[Collected data entries]
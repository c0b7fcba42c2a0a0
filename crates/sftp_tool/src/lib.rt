//! The program `sftpv3` as a library: command line, files and messages. The caller passes in the file
//! system and the streams, so a test can replace each of them.
#![tactic(auto)]

ghost use Rattle.std.specs.Prelude.{◌≤◌};
ghost use Rattle.sftp_tool.specs.Performed.{Performs};

mod pipes;
mod subcommands;

use sftp_commands::{Faulty, ReadFiles};
use sftp_faults::Spot;
pub use sftp_files::System;
use sftp_files::{Ending, Failure, report, write_flushed};
use sftp_options::{Request, parse};
use sftp_progress::Console;
use std::fs::Files;
use std::io::{IsTerminal, Read, Write};
use std::time::Clock;

/// The version of the program.
pub const VERSION: &str = "0.2.0";

/// Runs the command line `words`, whose first word is the program's name, and returns the exit status:
///
/// - 0: the session was served or is accepted, the file was written, the trees are the same, or help or the version was
///   shown;
/// - 1: the session is refused, and `output` says why; the trees differ, and `output` says how; or the client broke the
///   protocol, and `errors` says how;
/// - 2: bad usage, or a malformed or unknown file or text;
/// - 3: a file or a stream cannot be read or written, or memory ran out.
///
/// With status 2 or 3 the reason is written to `errors`. If `errors` cannot be written, the status is the same.
/// If a reader closed the pipe that `output` is, nothing is said: `show` and the help then end with status 0, `diff`
/// with 1, and `audit` and `infer` with 3.
/// `output` is flushed, unless a session stops because a stream fails or memory runs out. Only `serve`, `make` and
/// `import` read `input`. Where `errors` is a terminal, `audit`, `diff`, `import` and `export` say there how far they
/// are, while that takes more than two seconds. `serve` and `import` refuse an `input` that is a terminal, `export` an
/// `output`, with status 2.
pub fn run<R, I, O, E>(
    rt: &R,
    words: &[String],
    input: &mut I,
    output: &mut O,
    errors: &mut E,
) -> u8
where
    R: System + Clock,
    I: Read + IsTerminal,
    O: Write + IsTerminal,
    E: Write + IsTerminal,
    ensures { result ≤ 3 }
{
    run_versioned(rt, VERSION, words, input, output, errors)
}

/// Does what `run` does, as the program of this version: the text that `--version` prints.
pub fn run_versioned<R, I, O, E>(
    rt: &R,
    version: &str,
    words: &[String],
    input: &mut I,
    output: &mut O,
    errors: &mut E,
) -> u8
where
    R: System + Clock,
    I: Read + IsTerminal,
    O: Write + IsTerminal,
    E: Write + IsTerminal,
    ensures { result ≤ 3 }
{
    match parse(rt.alloc(), version, words) {
        Ok(request) => {
            let ending = perform_request(rt, &request, input, output, errors);
            let ending = pipes::quiet(&request, ending);
            let status = status_said(rt, &request, ending, output, errors);
            drop(request);
            status
        }
        Err(failure) => failed(failure, false, errors),
    }
}

/// The exit status of a request that ended so. If it failed, `errors` now says why, unless nobody reads its verdict.
fn status_said<'a, R: Files + AllocGlobal, O: Write, E: Write>(
    rt: &R,
    request: &Request<'a>,
    ending: Result<Ending, Failure<'a>>,
    output: &mut O,
    errors: &mut E,
) -> u8
    ensures { result ≤ 3 }
{
    match explained(rt, request, ending, output, errors) {
        Ok(ending) => ending.status(),
        Err(failure) => {
            let is_silent = pipes::is_silent(request, &failure);
            failed(failure, is_silent, errors)
        }
    }
}

/// The exit status of a run that failed. Unless it fails without a word, `errors` now says why.
fn failed<E: Write>(failure: Failure<'_>, is_silent: bool, errors: &mut E) -> u8
    ensures { result ≤ 3 }
{
    let status = failure.status();
    if !is_silent {
        report(errors, &failure);
    }
    drop(failure);
    status
}

/// The outcome of a request. If a file is malformed, `errors` now says so, with its name and what else is known of it.
/// If the request failed and wants JSON, `output` has the object.
fn explained<'a, R: Files + AllocGlobal, O: Write, E: Write>(
    rt: &R,
    request: &Request<'a>,
    ending: Result<Ending, Failure<'a>>,
    output: &mut O,
    errors: &mut E,
) -> Result<Ending, Failure<'a>> {
    match ending {
        Ok(ending) => Ok(ending),
        Err(failure) => {
            let file = Faulty::of(rt, files_of(request), &failure);
            let spot = spot_of_request(rt, request, &failure);
            if request.is_for_machines() && !sftp_commands::is_of_output(&failure) {
                sftp_commands::print_failed(rt.alloc(), &failure, file, spot, output);
            }
            said(failure, file, spot, errors)
        }
    }
}

/// The outcome of a run that failed. If that is for a malformed file, `errors` now says all of it.
fn said<'a, E: Write>(
    failure: Failure<'a>,
    file: Option<Faulty<'a>>,
    spot: Option<Spot>,
    errors: &mut E,
) -> Result<Ending, Failure<'a>> {
    match file {
        Some(file) => {
            report(errors, &failure);
            drop(failure);
            file.put(errors);
            if let Some(spot) = spot {
                let _ = write_flushed(errors, format_args!("fault: {spot}\n"));
            }
            Ok(Ending::Explained)
        }
        None => Err(failure),
    }
}

/// The files that a request reads.
fn files_of<'a>(request: &Request<'a>) -> ReadFiles<'a> {
    ReadFiles {
        tree: request.tree(),
        transcript: request.transcript(),
        either: request.shown(),
    }
}

/// Where the fault is that made a request fail, if the request wants to know.
fn spot_of_request<R: Files + AllocGlobal>(
    rt: &R,
    request: &Request<'_>,
    failure: &Failure<'_>,
) -> Option<Spot> {
    match request.explained_files() {
        Some((tree, transcript)) => sftp_commands::spot_of(rt, tree, transcript, failure),
        None => None,
    }
}

/// Does what is asked for. While it reads or writes what may be long, standard error says how far it is.
fn perform_request<'a, R, I, O, E>(
    rt: &R,
    request: &Request<'a>,
    input: &mut I,
    output: &mut O,
    errors: &mut E,
) -> Result<Ending, Failure<'a>>
where
    R: System + Clock,
    I: Read + IsTerminal,
    O: Write + IsTerminal,
    E: Write + IsTerminal,
    ensures { Performs request.now (I.remaining input.old) (I.remaining input.new) (O.contents output.old)
        (O.contents output.new) result }
{
    match request {
        Request::Serve(options, style) => {
            sftp_serving::serve(rt, options, *style, input, output, errors)
        }
        Request::Audit(files) => subcommands::audit(rt, files, output, errors),
        Request::AuditEach(options) => sftp_auditing::audit_each(rt, options, output, errors),
        Request::AuditTogether(options) => { sftp_overlapping::audit_together(rt, options, output) }
        Request::Infer(options) => sftp_inferring::infer(rt, options, output, errors),
        Request::Blank { file, keeping } => subcommands::blank(rt, file, *keeping),
        Request::Raise {
            tree,
            to,
            file,
            keeping,
        } => sftp_commands::raise(rt, tree, *to, file, *keeping),
        Request::Show(options) => subcommands::show(rt, options, output, errors),
        Request::Make { file, keeping } => sftp_commands::make(rt, file, *keeping, input),
        Request::Diff {
            old,
            new,
            memory,
            form,
            says_progress,
        } => {
            let mut console = console(errors, *says_progress);
            sftp_commands::diff(rt, (old, new), *memory, *form, output, &mut console)
        }
        Request::Import {
            options,
            says_progress,
        } => {
            let mut console = console(errors, *says_progress);
            sftp_commands::import(rt, options, input, &mut console)
        }
        Request::Export {
            file,
            says_progress,
        } => {
            let mut console = console(errors, *says_progress);
            sftp_commands::export(rt, file, output, &mut console)
        }
        Request::Help(text) => subcommands::help(text.as_str(), output),
    }
}

/// Standard error, and whether the run says there how far it is also where that is no terminal.
fn console<E>(errors: &mut E, says_progress: bool) -> Console<'_, E> {
    Console {
        errors,
        says_progress,
    }
}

■ TO DO
From the first line to the last, reproduce the data above exactly.

■ ANSWER AREA
repository c0b7fcba42c2a0a0
filename crates/sftp_tool/src/lib.rt
//! The program `sftpv3` as a library: command line, files and messages. The caller passes in the file
//! system and the streams, so a test can replace each of them.
#![tactic(auto)]

ghost use Rattle.std.specs.Prelude.{◌≤◌};
ghost use Rattle.sftp_tool.specs.Performed.{Performs};

mod pipes;
mod subcommands;

use sftp_commands::{Faulty, ReadFiles};
use sftp_faults::Spot;
pub use sftp_files::System;
use sftp_files::{Ending, Failure, report, write_flushed};
use sftp_options::{Request, parse};
use sftp_progress::Console;
use std::fs::Files;
use std::io::{IsTerminal, Read, Write};
use std::time::Clock;

/// The version of the program.
pub const VERSION: &str = "0.2.0";

/// Runs the command line `words`, whose first word is the program's name, and returns the exit status:
///
/// - 0: the session was served or is accepted, the file was written, the trees are the same, or help or the version was
///   shown;
/// - 1: the session is refused, and `output` says why; the trees differ, and `output` says how; or the client broke the
///   protocol, and `errors` says how;
/// - 2: bad usage, or a malformed or unknown file or text;
/// - 3: a file or a stream cannot be read or written, or memory ran out.
///
/// With status 2 or 3 the reason is written to `errors`. If `errors` cannot be written, the status is the same.
/// If a reader closed the pipe that `output` is, nothing is said: `show` and the help then end with status 0, `diff`
/// with 1, and `audit` and `infer` with 3.
/// `output` is flushed, unless a session stops because a stream fails or memory runs out. Only `serve`, `make` and
/// `import` read `input`. Where `errors` is a terminal, `audit`, `diff`, `import` and `export` say there how far they
/// are, while that takes more than two seconds. `serve` and `import` refuse an `input` that is a terminal, `export` an
/// `output`, with status 2.
pub fn run<R, I, O, E>(
    rt: &R,
    words: &[String],
    input: &mut I,
    output: &mut O,
    errors: &mut E,
) -> u8
where
    R: System + Clock,
    I: Read + IsTerminal,
    O: Write + IsTerminal,
    E: Write + IsTerminal,
    ensures { result ≤ 3 }
{
    run_versioned(rt, VERSION, words, input, output, errors)
}

/// Does what `run` does, as the program of this version: the text that `--version` prints.
pub fn run_versioned<R, I, O, E>(
    rt: &R,
    version: &str,
    words: &[String],
    input: &mut I,
    output: &mut O,
    errors: &mut E,
) -> u8
where
    R: System + Clock,
    I: Read + IsTerminal,
    O: Write + IsTerminal,
    E: Write + IsTerminal,
    ensures { result ≤ 3 }
{
    match parse(rt.alloc(), version, words) {
        Ok(request) => {
            let ending = perform_request(rt, &request, input, output, errors);
            let ending = pipes::quiet(&request, ending);
            let status = status_said(rt, &request, ending, output, errors);
            drop(request);
            status
        }
        Err(failure) => failed(failure, false, errors),
    }
}

/// The exit status of a request that ended so. If it failed, `errors` now says why, unless nobody reads its verdict.
fn status_said<'a, R: Files + AllocGlobal, O: Write, E: Write>(
    rt: &R,
    request: &Request<'a>,
    ending: Result<Ending, Failure<'a>>,
    output: &mut O,
    errors: &mut E,
) -> u8
    ensures { result ≤ 3 }
{
    match explained(rt, request, ending, output, errors) {
        Ok(ending) => ending.status(),
        Err(failure) => {
            let is_silent = pipes::is_silent(request, &failure);
            failed(failure, is_silent, errors)
        }
    }
}

/// The exit status of a run that failed. Unless it fails without a word, `errors` now says why.
fn failed<E: Write>(failure: Failure<'_>, is_silent: bool, errors: &mut E) -> u8
    ensures { result ≤ 3 }
{
    let status = failure.status();
    if !is_silent {
        report(errors, &failure);
    }
    drop(failure);
    status
}

/// The outcome of a request. If a file is malformed, `errors` now says so, with its name and what else is known of it.
/// If the request failed and wants JSON, `output` has the object.
fn explained<'a, R: Files + AllocGlobal, O: Write, E: Write>(
    rt: &R,
    request: &Request<'a>,
    ending: Result<Ending, Failure<'a>>,
    output: &mut O,
    errors: &mut E,
) -> Result<Ending, Failure<'a>> {
    match ending {
        Ok(ending) => Ok(ending),
        Err(failure) => {
            let file = Faulty::of(rt, files_of(request), &failure);
            let spot = spot_of_request(rt, request, &failure);
            if request.is_for_machines() && !sftp_commands::is_of_output(&failure) {
                sftp_commands::print_failed(rt.alloc(), &failure, file, spot, output);
            }
            said(failure, file, spot, errors)
        }
    }
}

/// The outcome of a run that failed. If that is for a malformed file, `errors` now says all of it.
fn said<'a, E: Write>(
    failure: Failure<'a>,
    file: Option<Faulty<'a>>,
    spot: Option<Spot>,
    errors: &mut E,
) -> Result<Ending, Failure<'a>> {
    match file {
        Some(file) => {
            report(errors, &failure);
            drop(failure);
            file.put(errors);
            if let Some(spot) = spot {
                let _ = write_flushed(errors, format_args!("fault: {spot}\n"));
            }
            Ok(Ending::Explained)
        }
        None => Err(failure),
    }
}

/// The files that a request reads.
fn files_of<'a>(request: &Request<'a>) -> ReadFiles<'a> {
    ReadFiles {
        tree: request.tree(),
        transcript: request.transcript(),
        either: request.shown(),
    }
}

/// Where the fault is that made a request fail, if the request wants to know.
fn spot_of_request<R: Files + AllocGlobal>(
    rt: &R,
    request: &Request<'_>,
    failure: &Failure<'_>,
) -> Option<Spot> {
    match request.explained_files() {
        Some((tree, transcript)) => sftp_commands::spot_of(rt, tree, transcript, failure),
        None => None,
    }
}

/// Does what is asked for. While it reads or writes what may be long, standard error says how far it is.
fn perform_request<'a, R, I, O, E>(
    rt: &R,
    request: &Request<'a>,
    input: &mut I,
    output: &mut O,
    errors: &mut E,
) -> Result<Ending, Failure<'a>>
where
    R: System + Clock,
    I: Read + IsTerminal,
    O: Write + IsTerminal,
    E: Write + IsTerminal,
    ensures { Performs request.now (I.remaining input.old) (I.remaining input.new) (O.contents output.old)
        (O.contents output.new) result }
{
    match request {
        Request::Serve(options, style) => {
            sftp_serving::serve(rt, options, *style, input, output, errors)
        }
        Request::Audit(files) => subcommands::audit(rt, files, output, errors),
        Request::AuditEach(options) => sftp_auditing::audit_each(rt, options, output, errors),
        Request::AuditTogether(options) => { sftp_overlapping::audit_together(rt, options, output) }
        Request::Infer(options) => sftp_inferring::infer(rt, options, output, errors),
        Request::Blank { file, keeping } => subcommands::blank(rt, file, *keeping),
        Request::Raise {
            tree,
            to,
            file,
            keeping,
        } => sftp_commands::raise(rt, tree, *to, file, *keeping),
        Request::Show(options) => subcommands::show(rt, options, output, errors),
        Request::Make { file, keeping } => sftp_commands::make(rt, file, *keeping, input),
        Request::Diff {
            old,
            new,
            memory,
            form,
            says_progress,
        } => {
            let mut console = console(errors, *says_progress);
            sftp_commands::diff(rt, (old, new), *memory, *form, output, &mut console)
        }
        Request::Import {
            options,
            says_progress,
        } => {
            let mut console = console(errors, *says_progress);
            sftp_commands::import(rt, options, input, &mut console)
        }
        Request::Export {
            file,
            says_progress,
        } => {
            let mut console = console(errors, *says_progress);
            sftp_commands::export(rt, file, output, &mut console)
        }
        Request::Help(text) => subcommands::help(text.as_str(), output),
    }
}

/// Standard error, and whether the run says there how far it is also where that is no terminal.
fn console<E>(errors: &mut E, says_progress: bool) -> Console<'_, E> {
    Console {
        errors,
        says_progress,
    }
}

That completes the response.